At the top of the nutritional pyramid are fats. Most people view vegetable oil as very beneficial to health and avoid animal fats. Meanwhile, vegetable oils contain a high concentration of omega-6 fatty acids, more than present in our diet.

Also, when choosing an oil, you need to consider its stability. The more stable the oil, the less likely it is to oxidize and create free radicals in the body

There are 3 types of fats:

  • polyunsaturated fatty acids, which are very unstable due to several double bonds in their structure. These oils should not be used for frying or heating food. Oils containing polyunsaturated fatty acids include all vegetable oils: canola, corn, sunflower, etc.
  • monounsaturates are also unstable, but to a lesser degree than polyunsaturates. These oils are also better not heated. They include olive oil, which is better used cold. Olive oil contains more omega-3 acids than other vegetable oils.
  • saturated acids are the most stable, because they do not have double bonds in their structure. They are therefore ideal for cooking food at high temperatures. So use clarified butter, lard, or coconut oil for heat processing.
Photo: forwimuwi73/Pixabay


The new food pyramid includes something that wasn’t there before: supplements.
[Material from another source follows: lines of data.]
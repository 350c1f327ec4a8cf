// What nodes are asked for, kind by kind, in the order of the schedule: each does the first thing that is to be done now, and says
// whether it was done.
ghost use Rattle.gx_store.specs.Language.{IsScript};
ghost use Rattle.gx_cells.specs.Done.{AreSameCells};

use crate::seen::Seen;
use gx_cells::{Action, Cells, Looked};
use gx_ids::{Gxid, Mem, Node, SessionId};
use gx_outside::{Gate, Journal};
use gx_script::Script;
use std::sync::Wait;

// Whether a node has done something. An envelope that is lost is something too: the next of its link may come then.
fn does<R: Wait, J: Journal, G: Gate>(
    rt: &R,
    cells: &mut Cells<J>,
    gate: &G,
    node: Node,
    action: Action,
) -> Mem<bool>
    ensures { AreSameCells cells.old cells.new }
{
    match cells.act(rt, node, action, gate)? {
        Looked::Stepped | Looked::Lost => Ok(true),
        _ => Ok(false),
    }
}

// The coordinator receives, or a segment goes on or receives, or at last somebody goes on at the coordinator.
pub(crate) fn move_first<R: Wait, J: Journal, G: Gate>(
    rt: &R,
    cells: &mut Cells<J>,
    gate: &G,
    segments: u8,
) -> Mem<bool>
    ensures { AreSameCells cells.old cells.new }
{
    Ok(
        hear_first(rt, cells, gate, segments)?
            || work_first(rt, cells, gate, segments)?
            || does(rt, cells, gate, Node(0), Action::Resume)?,
    )
}

fn hear_first<R: Wait, J: Journal, G: Gate>(
    rt: &R,
    cells: &mut Cells<J>,
    gate: &G,
    segments: u8,
) -> Mem<bool>
    ensures { AreSameCells cells.old cells.new }
{
    for before in 0..segments {
        let from = Node(before + 1);
        if does(rt, cells, gate, Node(0), Action::Receive(from))? {
            return Ok(true);
        }
    }
    Ok(false)
}

fn work_first<R: Wait, J: Journal, G: Gate>(
    rt: &R,
    cells: &mut Cells<J>,
    gate: &G,
    segments: u8,
) -> Mem<bool>
    ensures { AreSameCells cells.old cells.new }
{
    for before in 0..segments {
        let node = Node(before + 1);
        if does(rt, cells, gate, node, Action::Resume)?
            || does(rt, cells, gate, node, Action::Receive(Node(0)))?
        {
            return Ok(true);
        }
    }
    Ok(false)
}

// What a segment hasn't answered is sent again: of a transaction, and of the detector's round at last.
pub(crate) fn resend_first<R: Wait, J: Journal, G: Gate>(
    rt: &R,
    cells: &mut Cells<J>,
    gate: &G,
    seen: &Seen,
    segments: u8,
) -> Mem<bool>
    ensures { AreSameCells cells.old cells.new }
{
    for before in 0..segments {
        let segment = Node(before + 1);
        if resend_to(rt, cells, gate, seen, segment)?
            || does(rt, cells, gate, Node(0), Action::Resend(segment, None))?
        {
            return Ok(true);
        }
    }
    Ok(false)
}

fn resend_to<R: Wait, J: Journal, G: Gate>(
    rt: &R,
    cells: &mut Cells<J>,
    gate: &G,
    seen: &Seen,
    segment: Node,
) -> Mem<bool>
    ensures { AreSameCells cells.old cells.new }
{
    for place in 0..seen.open_count() {
        if let Some(gxid) = seen.open_at(place)
            && !waits_for_exec(cells, segment, gxid)
            && does(
                rt,
                cells,
                gate,
                Node(0),
                Action::Resend(segment, Some(gxid)),
            )?
        {
            return Ok(true);
        }
    }
    Ok(false)
}

// Whether what the segment hasn't answered is an EXEC of which a slice waits there.
fn waits_for_exec<J: Journal>(cells: &Cells<J>, segment: Node, gxid: Gxid) -> bool {
    match cells
        .segments()
        .get(usize::from(segment.0).saturating_sub(1))
    {
        Some(cell) => cells.coord().awaits_exec(segment, gxid) && cell.waits(gxid),
        None => false,
    }
}

// The first line of the file starts that is its session's next.
pub(crate) fn start_first<R: Wait, J: Journal, G: Gate>(
    rt: &R,
    cells: &mut Cells<J>,
    gate: &G,
    seen: &mut Seen,
    script: &Script,
) -> Mem<bool>
    ensures { AreSameCells cells.old cells.new }
{
    let lines = script.lines.as_slice();
    for place in seen.front(lines)..lines.len() {
        let line = &lines[place];
        if seen.is_next(line) && does(rt, cells, gate, Node(0), Action::Start(line.session))? {
            seen.start(line.session);
            return Ok(true);
        }
    }
    Ok(false)
}

// The first session ends that has no line left and an open block.
pub(crate) fn end_first<R: Wait, J: Journal, G: Gate>(
    rt: &R,
    cells: &mut Cells<J>,
    gate: &G,
    script: &Script,
) -> Mem<bool>
    requires { IsScript script.now }
    ensures { AreSameCells cells.old cells.new }
{
    for place in 0..script.sessions.len() {
        let session = SessionId(place as u8);
        if does(rt, cells, gate, Node(0), Action::End(session))? {
            return Ok(true);
        }
    }
    Ok(false)
}

// A round of the detector begins.
pub(crate) fn round<R: Wait, J: Journal, G: Gate>(
    rt: &R,
    cells: &mut Cells<J>,
    gate: &G,
) -> Mem<bool>
    ensures { AreSameCells cells.old cells.new }
{
    does(rt, cells, gate, Node(0), Action::Round)
}
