//! A driver of nodes apart in one thread: it asks each node for what the schedule asks for, and makes one run of their histories.
#![tactic(auto)]

mod driving;
pub mod running;
mod seen;
mod trying;

pub use running::{ApartRun, run_apart};
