// Drives nodes apart, turn by turn.
ghost use Rattle.gx_store.specs.Language.{IsScript};
ghost use Rattle.gx_cells.specs.Done.{AreSameCells};

use crate::seen::Seen;
use crate::trying::{end_first, move_first, resend_first, round, start_first};
use gx_cells::Cells;
use gx_ids::Mem;
use gx_outside::{Gate, Journal};
use gx_script::Script;
use std::alloc::Global;
use std::sync::Wait;

// Drives the cells of a script's nodes until no session is unfinished, so many turns were taken, or no node does anything more.
pub(crate) fn drive<R: Wait, J: Journal, G: Gate>(
    rt: &R,
    alloc: Global,
    script: &Script,
    cells: &mut Cells<J>,
    gate: &G,
    turns: u64,
) -> Mem<()>
    requires { IsScript script.now }
    ensures { AreSameCells cells.old cells.new }
{
    let mut seen = Seen::new(alloc, script)?;
    for _turn in 0..turns {
        if !cells.coord().unfinished() {
            return Ok(());
        }
        seen.look(cells.coord().steps())?;
        if !turn(rt, script, cells, gate, &mut seen)? {
            return Ok(());
        }
    }
    Ok(())
}

// Does the first thing of the schedule that is to be done now, and says whether there was one.
fn turn<R: Wait, J: Journal, G: Gate>(
    rt: &R,
    script: &Script,
    cells: &mut Cells<J>,
    gate: &G,
    seen: &mut Seen,
) -> Mem<bool>
    requires { IsScript script.now }
    ensures { AreSameCells cells.old cells.new }
{
    if move_first(rt, cells, gate, script.segments)?
        || resend_first(rt, cells, gate, seen, script.segments)?
    {
        return Ok(true);
    }
    seen.forget_ended();
    Ok(
        start_first(rt, cells, gate, seen, script)?
            || end_first(rt, cells, gate, script)?
            || round(rt, cells, gate)?,
    )
}
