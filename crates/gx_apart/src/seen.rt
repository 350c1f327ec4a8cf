use gx_ids::{Gxid, Mem, SessionId};
use gx_script::{Line, Script};
use gx_store::{Mark, Steps};
use std::alloc::Global;

// A transaction that may have something to be sent again.
#[derive(Clone, Copy)]
struct Open {
    gxid: Gxid,
    has_ended: bool,
}

// What a driver of nodes apart has seen: how many lines each session has started, up to which line of the file all have, and, in so
// many of the coordinator's steps, the transactions that have begun and may have something to be sent again.
#[derive(Drop)]
pub(crate) struct Seen {
    started: Vec<u32>,
    front: usize,
    open: Vec<Open>,
    steps: usize,
}

impl Seen {
    // Nothing yet.
    pub(crate) fn new(alloc: Global, script: &Script) -> Mem<Seen> {
        let started = vec![in alloc; 0; script.sessions.len()]?;
        Ok(Seen {
            started,
            front: 0,
            open: Vec::new(alloc),
            steps: 0,
        })
    }

    // Looks at the coordinator's steps that weren't seen before.
    pub(crate) fn look(&mut self, steps: &Steps) -> Mem<()> {
        for place in self.steps..steps.len() {
            self.note_marks(steps.at(place).marks())?;
        }
        self.steps = steps.len();
        Ok(())
    }

    fn note_marks(&mut self, marks: &[Mark]) -> Mem<()> {
        for mark in marks {
            match mark {
                Mark::Start { gxid, .. } => self.open.push(Open {
                    gxid: *gxid,
                    has_ended: false,
                })?,
                Mark::Commit { gxid } | Mark::Abort { gxid } => self.end(*gxid),
                _ => {}
            }
        }
        Ok(())
    }

    fn end(&mut self, gxid: Gxid) {
        for open in self.open.as_mut_slice() {
            if open.gxid == gxid {
                open.has_ended = true;
            }
        }
    }

    // The transaction at a place among those that may have something to be sent again, from the earliest.
    pub(crate) fn open_at(&self, place: usize) -> Option<Gxid> {
        match self.open.get(place) {
            Some(open) => Some(open.gxid),
            None => None,
        }
    }

    // How many transactions may have something to be sent again.
    pub(crate) fn open_count(&self) -> usize {
        self.open.len()
    }

    // Nothing is to be sent again now: of those that have ended nothing will be.
    pub(crate) fn forget_ended(&mut self) {
        self.open.retain(|open| !open.has_ended);
    }

    // A session has started a line.
    pub(crate) fn start(&mut self, session: SessionId) {
        if let Some(started) = self.started.get_mut(usize::from(session.0)) {
            *started = started.saturating_add(1);
        }
    }

    // Up to which line of the file all have started.
    pub(crate) fn front(&mut self, lines: &[Line]) -> usize {
        for place in self.front..lines.len() {
            if !self.has_started(&lines[place]) {
                self.front = place;
                return place;
            }
        }
        self.front = lines.len();
        self.front
    }

    fn has_started(&self, line: &Line) -> bool {
        match self.started.get(usize::from(line.session.0)) {
            Some(started) => line.number <= *started,
            None => true,
        }
    }

    // Whether the line is its session's next.
    pub(crate) fn is_next(&self, line: &Line) -> bool {
        match self.started.get(usize::from(line.session.0)) {
            Some(started) => started.checked_add(1) == Some(line.number),
            None => false,
        }
    }
}
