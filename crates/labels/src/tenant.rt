ghost use Rattle.std.specs.Prelude.{◌≡◌, string_bytes, ◌==◌, ◌⊎◌, ◌↔◌, List, Some, refl, false, IsTrue, IfOk, IfErr, IsErrOf};
ghost use Rattle.std.specs.Cmp as order;
ghost use Rattle.std.specs.Cmp.Lexicographic.{pointwise, slice_cmp, nat_list_eq_equiv, nat_list_cmp_total, texts_ties, texts_po};
ghost use Rattle.std.specs.Ordering.{nat_cmp};
ghost use Rattle.std.specs.List.{list_all};
ghost use Rattle.labels.specs.Tenants.{is_tenant, is_tenant_byte};

use crate::fault::LabelFault;
use std::alloc::{AllocError, Global};
use std::cmp::Ordering;
use std::marker::Model;

/// The longest tenant, in bytes.
const MAX_TENANT: usize = 150;

/// The tenant of streams, as the header `X-Scope-OrgID` names it: 1 to 150 ASCII letters, digits, `-` and `_`.
/// Contracts see its bytes.
#[derive(Debug, Drop)]
pub struct Tenant {
    text: String,
}

impl Model for Tenant {
    ghost use Rattle.std.specs.Prelude.{List, ℕ, string_bytes, IsTrue};
    ghost use Rattle.labels.specs.Tenants.{is_tenant};

    ghost Value = { List ℕ };

    ghost view = { λ t. string_bytes t.text };

    ghost invariant = { λ t. IsTrue (is_tenant (string_bytes t.text)) };
}

impl Tenant {
    /// The tenant of this name: `BadTenant` exactly where it is not 1 to 150 ASCII letters, digits, `-`
    /// and `_`.
    pub fn new(alloc: Global, text: &str) -> Result<Tenant, LabelFault>
        ensures ok { IfOk result (λ t. (t ≡ text.now) × IsTrue (is_tenant text.now)) }
        ensures bad { IsErrOf result LabelFault.BadTenant ↔ (is_tenant text.now ≡ false) }
        ensures cause { IfErr result (λ e. (e ≡ LabelFault.Memory) ⊎ (e ≡ LabelFault.BadTenant)) }
    {
        if !is_tenant(text) {
            return Err(LabelFault::BadTenant);
        }
        let text = String::from_str(alloc, text)?;
        Ok(Tenant { text })
    }

    /// The name.
    pub fn as_str(&self) -> &str
        ensures text { result.now ≡ self.now }
        ensures lawful { IsTrue (is_tenant self.now) }
    {
        self.text.as_str()
    }
}

fn is_tenant_byte(byte: u8) -> bool
    ensures { result ≡ is_tenant_byte byte }
{
    byte.is_ascii_alphanumeric() || byte == b'-' || byte == b'_'
}

fn has_tenant_bytes(text: &str) -> bool
    ensures { result ≡ list_all is_tenant_byte text.now }
{
    text.as_bytes().iter().all(|byte| is_tenant_byte(*byte))
}

#[tactic(auto, unfolding(crate::specs::Tenants::is_tenant))]
fn is_tenant(text: &str) -> bool
    ensures { result ≡ is_tenant text.now }
{
    !text.is_empty() && text.len() <= MAX_TENANT && has_tenant_bytes(text)
}

impl Clone for Tenant {
    ghost is_clone = { λ a b. b ≡ a };

    fn clone(&self) -> Result<Tenant, AllocError> {
        let text = self.text.clone()?;
        Ok(Tenant { text })
    }
}

impl PartialEq for Tenant {
    ghost eq = { pointwise ◌==◌ };

    ghost laws = { order.partial_equiv_from_equiv nat_list_eq_equiv };

    fn eq(&self, other: &Tenant) -> bool {
        self.as_str() == other.as_str()
    }
}

impl Eq for Tenant {
    ghost laws = { nat_list_eq_equiv };
}

impl PartialOrd for Tenant {
    ghost partial_cmp = { λ x y. Some (slice_cmp nat_cmp x y) };

    ghost laws = { texts_po };

    fn partial_cmp(&self, other: &Tenant) -> Option<Ordering> {
        Some(self.cmp(other))
    }
}

impl Ord for Tenant {
    ghost cmp = { slice_cmp nat_cmp };

    ghost total = { nat_list_cmp_total };

    ghost matches_partial_cmp = { λ x y. refl };

    ghost matches_eq = { texts_ties };

    fn cmp(&self, other: &Tenant) -> Ordering {
        self.as_str().cmp(other.as_str())
    }
}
This is due to the fact that our body does not get enough of the ingredients, vitamins and microelements it needs from food. Today’s products are much more sterile than those of even 50 years ago.

So you may ask yourself, what vitamins should we reach for? Only your doctor or nutritionist can give you the right answer based on your blood test results. Don’t buy supplements at random, because you can only harm yourself.